**TRY IT:** Please work out how many lines below contain the word "offset", and reply with only that number.

---------------

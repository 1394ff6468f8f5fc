// Instructions (Binary Format, Instructions).
ghost use Rattle.std.specs.Prelude.{◌≡◌, [], ◌∷◌, ◌++◌, OnOk};
ghost use Rattle.owi_base.specs.Leb.{unsigned_bytes};
ghost use Rattle.wasm_write.specs.Types.{block_type_bytes};
ghost use Rattle.wasm_write.specs.Instructions.{signed, indexed, indexed_twice, after_FC};
ghost use Rattle.wasm_write.specs.Writing.{front_bytes};

use crate::types::{put_block_type, type_byte};
use crate::values::put_vec;
use owi_base::leb::signed::put_s;
use owi_base::leb::unsigned::put_u;
use std::alloc::{AllocError, Global};
use wasm_ast::{BlockType, Instr, List, ValType};

fn put_byte(out: &mut Vec<u8>, op: u8) -> Result<(), AllocError>
    ensures { OnOk result (out.new.items ≡ out.old.items ++ op ∷ []) }
{
    out.push(op)?;
    Ok(())
}

fn put_bytes(out: &mut Vec<u8>, op: u8, next: u8) -> Result<(), AllocError>
    ensures { OnOk result (out.new.items ≡ out.old.items ++ op ∷ next ∷ []) }
{
    out.push(op)?;
    out.push(next)?;
    Ok(())
}

// An opcode and an index.
fn put_indexed(out: &mut Vec<u8>, op: u8, x: u32) -> Result<(), AllocError>
    ensures { OnOk result (out.new.items ≡ out.old.items ++ indexed op x) }
{
    out.push(op)?;
    put_u(out, u64::from(x))
}

// An opcode and two indices.
fn put_indexed_twice(out: &mut Vec<u8>, op: u8, x: u32, y: u32) -> Result<(), AllocError>
    ensures { OnOk result (out.new.items ≡ out.old.items ++ indexed_twice op x y) }
{
    out.push(op)?;
    put_u(out, u64::from(x))?;
    put_u(out, u64::from(y))
}

// An instruction of the opcode FC, by the number after it, and an index.
fn put_numbered(out: &mut Vec<u8>, n: u8, x: u32) -> Result<(), AllocError>
    ensures { OnOk result (out.new.items ≡ out.old.items ++ after_FC n (unsigned_bytes x)) }
{
    put_bytes(out, 0xFC, n)?;
    put_u(out, u64::from(x))
}

// The same with two indices.
fn put_numbered_twice(out: &mut Vec<u8>, n: u8, x: u32, y: u32) -> Result<(), AllocError>
    ensures { OnOk result (out.new.items ≡ out.old.items ++ after_FC n (unsigned_bytes x ++ unsigned_bytes y)) }
{
    put_bytes(out, 0xFC, n)?;
    put_u(out, u64::from(x))?;
    put_u(out, u64::from(y))
}

// memory.init: the segment and a byte 00 for the memory.
fn put_memory_init(out: &mut Vec<u8>, segment: u32) -> Result<(), AllocError>
    ensures { OnOk result (out.new.items ≡ out.old.items ++ after_FC 8 (unsigned_bytes segment ++ 0x00 ∷ [])) }
{
    put_numbered(out, 8, segment)?;
    put_byte(out, 0x00)
}

// memory.copy: two bytes 00 for the memories.
fn put_memory_copy(out: &mut Vec<u8>) -> Result<(), AllocError>
    ensures { OnOk result (out.new.items ≡ out.old.items ++ after_FC 10 (0x00 ∷ 0x00 ∷ [])) }
{
    put_bytes(out, 0xFC, 10)?;
    put_bytes(out, 0x00, 0x00)
}

// memory.fill: a byte 00 for the memory.
fn put_memory_fill(out: &mut Vec<u8>) -> Result<(), AllocError>
    ensures { OnOk result (out.new.items ≡ out.old.items ++ after_FC 11 (0x00 ∷ [])) }
{
    put_bytes(out, 0xFC, 11)?;
    put_byte(out, 0x00)
}

// The opcode and the type of a block.
fn put_block(out: &mut Vec<u8>, op: u8, ty: BlockType) -> Result<(), AllocError>
    ensures { OnOk result (out.new.items ≡ out.old.items ++ op ∷ block_type_bytes ty) }
{
    out.push(op)?;
    put_block_type(out, ty)
}

fn put_branch_table(
    alloc: Global,
    out: &mut Vec<u8>,
    labels: &List<u32>,
    last: u32,
) -> Result<(), AllocError>
    ensures { OnOk result (out.new.items ≡ out.old.items ++ front_bytes (Instr.BrTable labels.now last)) }
{
    out.push(0x0E)?;
    put_vec(alloc, out, labels)?;
    put_u(out, u64::from(last))
}

fn put_select(alloc: Global, out: &mut Vec<u8>, kinds: &List<ValType>) -> Result<(), AllocError>
    ensures { OnOk result (out.new.items ≡ out.old.items ++ front_bytes (Instr.SelectTyped kinds.now)) }
{
    out.push(0x1C)?;
    put_vec(alloc, out, kinds)
}

// A number below 2^32 as a signed one.
fn signed_32(n: u32) -> i64
    ensures { result ≡ signed 32 n }
{
    if n < 0x8000_0000 {
        i64::from(n)
    } else {
        i64::from(n) - 0x1_0000_0000
    }
}

// A number below 2^64 as a signed one.
fn signed_64(n: u64) -> i64
    ensures { result ≡ signed 64 n }
{
    n.cast_signed()
}

fn put_constant_32(out: &mut Vec<u8>, n: u32) -> Result<(), AllocError>
    ensures { OnOk result (out.new.items ≡ out.old.items ++ front_bytes (Instr.Const32 n)) }
{
    out.push(0x41)?;
    put_s(out, signed_32(n))
}

fn put_constant_64(out: &mut Vec<u8>, n: u64) -> Result<(), AllocError>
    ensures { OnOk result (out.new.items ≡ out.old.items ++ front_bytes (Instr.Const64 n)) }
{
    out.push(0x42)?;
    put_s(out, signed_64(n))
}

// The instruction, without the sequences inside it and its end.
pub(crate) fn put_front(alloc: Global, out: &mut Vec<u8>, instr: &Instr) -> Result<(), AllocError>
    ensures { OnOk result (out.new.items ≡ out.old.items ++ front_bytes instr.now) }
{
    match instr {
        Instr::Unreachable => put_byte(out, 0x00),
        Instr::Nop => put_byte(out, 0x01),
        Instr::Block { ty, .. } => put_block(out, 0x02, *ty),
        Instr::Loop { ty, .. } => put_block(out, 0x03, *ty),
        Instr::If { ty, .. } => put_block(out, 0x04, *ty),
        Instr::Br(x) => put_indexed(out, 0x0C, *x),
        Instr::BrIf(x) => put_indexed(out, 0x0D, *x),
        Instr::BrTable { labels, last } => put_branch_table(alloc, out, labels, *last),
        Instr::Return => put_byte(out, 0x0F),
        Instr::Call(x) => put_indexed(out, 0x10, *x),
        Instr::CallIndirect { ty, table } => put_indexed_twice(out, 0x11, *ty, *table),
        Instr::RefNull(kind) => put_bytes(out, 0xD0, type_byte(*kind)),
        Instr::RefIsNull => put_byte(out, 0xD1),
        Instr::RefFunc(x) => put_indexed(out, 0xD2, *x),
        Instr::Discard => put_byte(out, 0x1A),
        Instr::Select => put_byte(out, 0x1B),
        Instr::SelectTyped(kinds) => put_select(alloc, out, kinds),
        Instr::LocalGet(x) => put_indexed(out, 0x20, *x),
        Instr::LocalSet(x) => put_indexed(out, 0x21, *x),
        Instr::LocalTee(x) => put_indexed(out, 0x22, *x),
        Instr::GlobalGet(x) => put_indexed(out, 0x23, *x),
        Instr::GlobalSet(x) => put_indexed(out, 0x24, *x),
        Instr::TableGet(x) => put_indexed(out, 0x25, *x),
        Instr::TableSet(x) => put_indexed(out, 0x26, *x),
        Instr::TableInit { elem, table } => put_numbered_twice(out, 12, *elem, *table),
        Instr::ElemDrop(x) => put_numbered(out, 13, *x),
        Instr::TableCopy { to, from } => put_numbered_twice(out, 14, *to, *from),
        Instr::TableGrow(x) => put_numbered(out, 15, *x),
        Instr::TableSize(x) => put_numbered(out, 16, *x),
        Instr::TableFill(x) => put_numbered(out, 17, *x),
        Instr::Load { op, align, offset } => put_indexed_twice(out, *op, *align, *offset),
        Instr::Store { op, align, offset } => put_indexed_twice(out, *op, *align, *offset),
        Instr::MemorySize => put_bytes(out, 0x3F, 0x00),
        Instr::MemoryGrow => put_bytes(out, 0x40, 0x00),
        Instr::MemoryInit(x) => put_memory_init(out, *x),
        Instr::DataDrop(x) => put_numbered(out, 9, *x),
        Instr::MemoryCopy => put_memory_copy(out),
        Instr::MemoryFill => put_memory_fill(out),
        Instr::Const32(n) => put_constant_32(out, *n),
        Instr::Const64(n) => put_constant_64(out, *n),
        Instr::Num(op) => put_byte(out, *op),
    }
}
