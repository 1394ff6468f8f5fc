// The machine's state, and what moves it.
ghost use Rattle.std.specs.Prelude.{◌≡◌, ◌∷◌, [], ◌++◌, ◌+◌, ◌-◌, ◌<◌, ◌≤◌, ◌^◌, length, OnOk, IfOk, IfSome, MatchOption, MatchBool, slice_get, take, drop, List, Some, None};
ghost use Rattle.wasm_machine.specs.States.{State, own, cost, passed};
ghost use Rattle.wasm_machine.specs.code.Moves.{pushed, without, replaced, noted, with_local, with_global, entered, kept, again_place, left, from_end, branched, returned, called};
ghost use Rattle.wasm_machine.specs.Configurations.{code_of, outer_call_of};
ghost use Rattle.wasm_machine.specs.declared.machine.Frame.{Frame as OneFrame};
ghost use Rattle.wasm_machine.specs.Values.{default_value, first_locals_of, word_at, reference_at};

use crate::values::{Reference, Value};
use std::alloc::{AllocError, Global};
use std::marker::Model;
use wasm_ast::{Func, Instr, Module, ValType};

/// A label: its sequence in the body of its frame's function; the place in it, of the next instruction in the innermost
/// label, else of the control instruction that it waits at; how many operands lie below its own; how many a branch to it
/// carries; and whether it is a loop's.
#[derive(Clone, Copy)]
pub struct Label {
    pub seq: u32,
    pub place: usize,
    pub height: usize,
    pub arity: usize,
    pub again: bool,
}

/// A frame: its function by the place among the module's own, or none for the outermost frame, which stands for whoever runs
/// the module; how many results it gives; how many locals, waiting labels and operands lie below its own; and its innermost
/// label.
#[derive(Clone, Copy)]
pub struct Frame {
    pub func: Option<u32>,
    pub arity: usize,
    pub base: usize,
    pub labels: usize,
    pub floor: usize,
    pub here: Label,
}

/// The state of a run, but for the memory.
#[derive(Drop)]
pub struct Machine<W: Copy> {
    /// The operands of all labels, those of the outermost first.
    pub operands: Vec<Value<W>>,
    /// The locals of all frames, those of the outermost first.
    pub locals: Vec<Value<W>>,
    /// The labels that wait, of all frames, the outermost first. The innermost label of a frame lies in the frame.
    pub labels: Vec<Label>,
    /// The frame that runs.
    pub frame: Frame,
    /// The frames that wait for it, the outermost first.
    pub callers: Vec<Frame>,
    /// The globals.
    pub globals: Vec<Value<W>>,
    /// The elements of each table.
    pub tables: Vec<Vec<Reference>>,
    /// The references of each element segment; of a dropped one none is left.
    pub elems: Vec<Vec<Reference>>,
    /// Which data segments are dropped.
    pub dropped: Vec<bool>,
    /// The answers that the questions of the next instruction have had.
    pub answers: Vec<u64>,
    /// How many instructions have been carried out in functions of the module.
    pub units: u64,
    /// The function that is run after the start function. Imports are counted.
    pub entry: u32,
}

impl<W: Copy> Model for Machine<W> {
    ghost use Rattle.std.specs.Prelude.{map};
    ghost use Rattle.wasm_machine.specs.States.{State};
    ghost use Rattle.wasm_machine.specs.declared.values.Value.{Value as OneValue};

    ghost Value = { State (OneValue W) };

    ghost view = { λ s. record {
      operands = s.operands.items;
      locals = s.locals.items;
      labels = s.labels.items;
      frame = s.frame;
      callers = s.callers.items;
      globals = s.globals.items;
      tables = map (λ t. t.items) s.tables.items;
      elems = map (λ t. t.items) s.elems.items;
      dropped = s.dropped.items;
      answers = s.answers.items;
      units = s.units;
      entry = s.entry;
    } };
}

// The last n operands are moved down to a height.
fn keep<W: Copy>(operands: &mut Vec<Value<W>>, height: usize, n: usize)
    requires { height + n ≤ length operands.old.items }
    ensures { operands.new.items ≡ kept height n operands.old.items }
{
    let len = operands.len();
    operands.copy_within(len - n.., height);
    operands.truncate(height + n);
}

// Where a label that waits goes on.
fn going_on(again: bool, p: Label) -> Label
    requires { p.place + 1 < 2 ^ 64 }
    ensures { result ≡ record p { place = again_place again p.place } }
{
    if again {
        return p;
    }
    Label {
        seq: p.seq,
        place: p.place + 1,
        height: p.height,
        arity: p.arity,
        again: p.again,
    }
}
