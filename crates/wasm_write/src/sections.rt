// Sections and modules (Binary Format, Modules).
ghost use Rattle.std.specs.Prelude.{◌≡◌, [], ◌∷◌, ◌++◌, OnOk};
ghost use Rattle.std.specs.List.{flat_map};
ghost use Rattle.owi_base.specs.Leb.{unsigned_bytes};
ghost use Rattle.wasm_ast.specs.Shape.{HasShape};
ghost use Rattle.wasm_write.specs.Values.{vec_bytes};
ghost use Rattle.wasm_write.specs.Modules.{id_of as id_of_slot, start_bytes, contents as contents_of, section_of, section_bytes, custom_section, sections};
ghost use Rattle.wasm_write.specs.Writing.{ArePut, custom_at, with_customs};

use crate::WriteBad;
use crate::values::{put_count, put_sized, put_vec};
use owi_base::leb::unsigned::put_u;
use std::alloc::{AllocError, Global};
use wasm_ast::sections::is_written;
use wasm_ast::{Custom, Func, List, Module};

// The slots of sections, in order.
const SLOTS: [u8; 12] = [1, 2, 3, 4, 5, 6, 7, 8, 9, 10, 11, 12];

fn id_of(slot: u8) -> u8
    ensures { result ≡ id_of_slot slot }
{
    match slot {
        10 => 12,
        11 => 10,
        12 => 11,
        _ => slot,
    }
}

// The indices of the functions' types.
fn put_type_indices(out: &mut Vec<u8>, list: &List<Func>) -> Result<(), AllocError>
    ensures { OnOk result (out.new.items ≡ out.old.items ++ vec_bytes (λ f. unsigned_bytes f.ty) list.now) }
{
    let funcs = list.as_slice();
    put_count(out, funcs.len())?;
    for func in funcs {
        put_u(out, u64::from(func.ty))?;
    }
    Ok(())
}

fn put_start(out: &mut Vec<u8>, start: Option<u32>) -> Result<(), AllocError>
    ensures { OnOk result (out.new.items ≡ out.old.items ++ start_bytes start) }
{
    match start {
        Some(func) => put_u(out, u64::from(func)),
        None => Ok(()),
    }
}

// What the section of a slot holds.
fn put_contents(alloc: Global, out: &mut Vec<u8>, m: &Module, slot: u8) -> Result<(), AllocError>
    requires { HasShape m.now }
    ensures { OnOk result (out.new.items ≡ out.old.items ++ contents_of m.now slot) }
{
    match slot {
        1 => put_vec(alloc, out, &m.types),
        2 => put_vec(alloc, out, &m.imports),
        3 => put_type_indices(out, &m.funcs),
        4 => put_vec(alloc, out, &m.tables),
        5 => put_vec(alloc, out, &m.memories),
        6 => put_vec(alloc, out, &m.globals),
        7 => put_vec(alloc, out, &m.exports),
        8 => put_start(out, m.start),
        9 => put_vec(alloc, out, &m.elems),
        10 => put_count(out, m.segments.len()),
        11 => put_vec(alloc, out, &m.funcs),
        _ => put_vec(alloc, out, &m.segments),
    }
}

fn put_short_section(out: &mut Vec<u8>, id: u8, contents: &[u8]) -> Result<(), AllocError>
    ensures { OnOk result (out.new.items ≡ out.old.items ++ section_bytes (record { id = id; contents = contents.now })) }
{
    out.push(id)?;
    put_sized(out, contents)
}

// A section of this id and these contents.
fn put_section(out: &mut Vec<u8>, id: u8, contents: &[u8]) -> Result<(), WriteBad>
    ensures { ArePut (record { id = id; contents = contents.now } ∷ []) out.old.items out.new.items result }
{
    if contents.len() >= 0x1_0000_0000 {
        return Err(WriteBad::TooLong(id));
    }
    put_short_section(out, id, contents)?;
    Ok(())
}

fn put_custom(alloc: Global, out: &mut Vec<u8>, custom: &Custom) -> Result<(), WriteBad>
    ensures { ArePut (custom_section custom.now ∷ []) out.old.items out.new.items result }
{
    let mut contents = Vec::new(alloc);
    put_sized(&mut contents, custom.name.as_slice().as_bytes())?;
    contents.extend_from_slice(custom.bytes.as_slice())?;
    put_section(out, 0, contents.as_slice())
}

// The section of a slot, where it is one that is written.
fn put_slot(alloc: Global, out: &mut Vec<u8>, m: &Module, slot: u8) -> Result<(), WriteBad>
    requires { HasShape m.now }
    ensures { ArePut (section_of m.now slot) out.old.items out.new.items result }
{
    if !is_written(m, slot) {
        return Ok(());
    }
    let mut contents = Vec::new(alloc);
    put_contents(alloc, &mut contents, m, slot)?;
    put_section(out, id_of(slot), contents.as_slice())
}

// A custom section, where it stands after this slot.
fn put_custom_at(
    alloc: Global,
    out: &mut Vec<u8>,
    custom: &Custom,
    slot: u8,
) -> Result<(), WriteBad>
    ensures { ArePut (custom_at slot custom.now) out.old.items out.new.items result }
{
    if custom.after != slot {
        return Ok(());
    }
    put_custom(alloc, out, custom)
}

// The custom sections that stand after a slot.
fn put_customs(
    alloc: Global,
    out: &mut Vec<u8>,
    list: &List<Custom>,
    slot: u8,
) -> Result<(), WriteBad>
    ensures { ArePut (flat_map (custom_at slot) list.now) out.old.items out.new.items result }
{
    let customs = list.as_slice();
    for custom in customs {
        match put_custom_at(alloc, out, custom, slot) {
            Ok(()) => {}
            Err(bad) => return Err(bad),
        }
    }
    Ok(())
}

// The section of a slot, and the custom sections that stand after it.
fn put_slot_and_customs(
    alloc: Global,
    out: &mut Vec<u8>,
    m: &Module,
    slot: u8,
) -> Result<(), WriteBad>
    requires { HasShape m.now }
    ensures { ArePut (with_customs m.now slot) out.old.items out.new.items result }
{
    match put_slot(alloc, out, m, slot) {
        Ok(()) => put_customs(alloc, out, &m.customs, slot),
        Err(bad) => Err(bad),
    }
}

// The sections of slots in a row, with the custom sections.
fn put_slots(alloc: Global, out: &mut Vec<u8>, m: &Module, slots: &[u8]) -> Result<(), WriteBad>
    requires { HasShape m.now }
    ensures { ArePut (flat_map (with_customs m.now) slots.now) out.old.items out.new.items result }
{
    for slot in slots {
        match put_slot_and_customs(alloc, out, m, *slot) {
            Ok(()) => {}
            Err(bad) => return Err(bad),
        }
    }
    Ok(())
}

// All sections.
pub(crate) fn put_sections(alloc: Global, out: &mut Vec<u8>, m: &Module) -> Result<(), WriteBad>
    requires { HasShape m.now }
    ensures { ArePut (sections m.now) out.old.items out.new.items result }
{
    match put_customs(alloc, out, &m.customs, 0) {
        Ok(()) => put_slots(alloc, out, m, &SLOTS),
        Err(bad) => Err(bad),
    }
}
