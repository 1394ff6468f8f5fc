// What follows of the definition of the shortest spelling alone.
ghost use Rattle.std.specs.Prelude.{◌≡◌, ◌^◌, ◌<◌, ℕ, List, None, All, length};
ghost use Rattle.wasm_ast.specs.declared.modules.Module.{Module as OneModule};
ghost use Rattle.wasm_ast.specs.Shape.{HasShape};
ghost use Rattle.wasm_binary.specs.Modules.{IsBinary};
ghost use Rattle.wasm_write.specs.Modules.{shortest, sections, first_long};
ghost use Rattle.wasm_ast.specs.Ranges.{IsInRange};
ghost use Rattle.wasm_binary.specs.Sum.{sum_module, sum_bytes};
ghost use Rattle.wasm_write.specs.Examples.{empty_module, empty_bytes, zero_module, zero_bytes, produced_module, produced_bytes};

use wasm_ast::Module;
use wasm_ast::ranges::is_in_range;

/// Law: the shortest spelling of a module is a spelling of it, where no section is too long. So reading it gives the module. And
/// what is written of a module that any bytes spell, and then read, is written to the same bytes again.
pub fn shortest_is_binary()
    ensures spelled { (m : OneModule) → HasShape m → IsInRange m → first_long (sections m) ≡ None
        → IsBinary m (shortest m) }
    ensures read { (m n : OneModule) → HasShape m → IsInRange m → first_long (sections m) ≡ None
        → IsBinary n (shortest m) → n ≡ m }
    ensures again { (m n : OneModule) (bytes written : List ℕ) → All (λ b. b < 2 ^ 8) bytes → IsBinary m bytes
        → length m.customs < 2 ^ 32 → IsInRange m → first_long (sections m) ≡ None
        → written ≡ shortest m → IsBinary n written → shortest n ≡ written }
{}

/// Law: the same of each module that a program holds, whose types say that it is in range.
pub fn shortest_spells(m: &Module)
    requires shape { HasShape m.now }
    requires short { first_long (sections m.now) ≡ None }
    ensures { IsBinary m.now (shortest m.now) }
{
    is_in_range(m);
}

/// Examples: the empty module, two modules of 37 bytes, and one of them with a custom section.
pub fn shortest_examples()
    ensures empty { shortest empty_module ≡ empty_bytes }
    ensures sum { shortest sum_module ≡ sum_bytes }
    ensures zero { shortest zero_module ≡ zero_bytes }
    ensures custom { shortest produced_module ≡ produced_bytes }
{}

---------------

**RESPONSE TO THIS TASK:** 2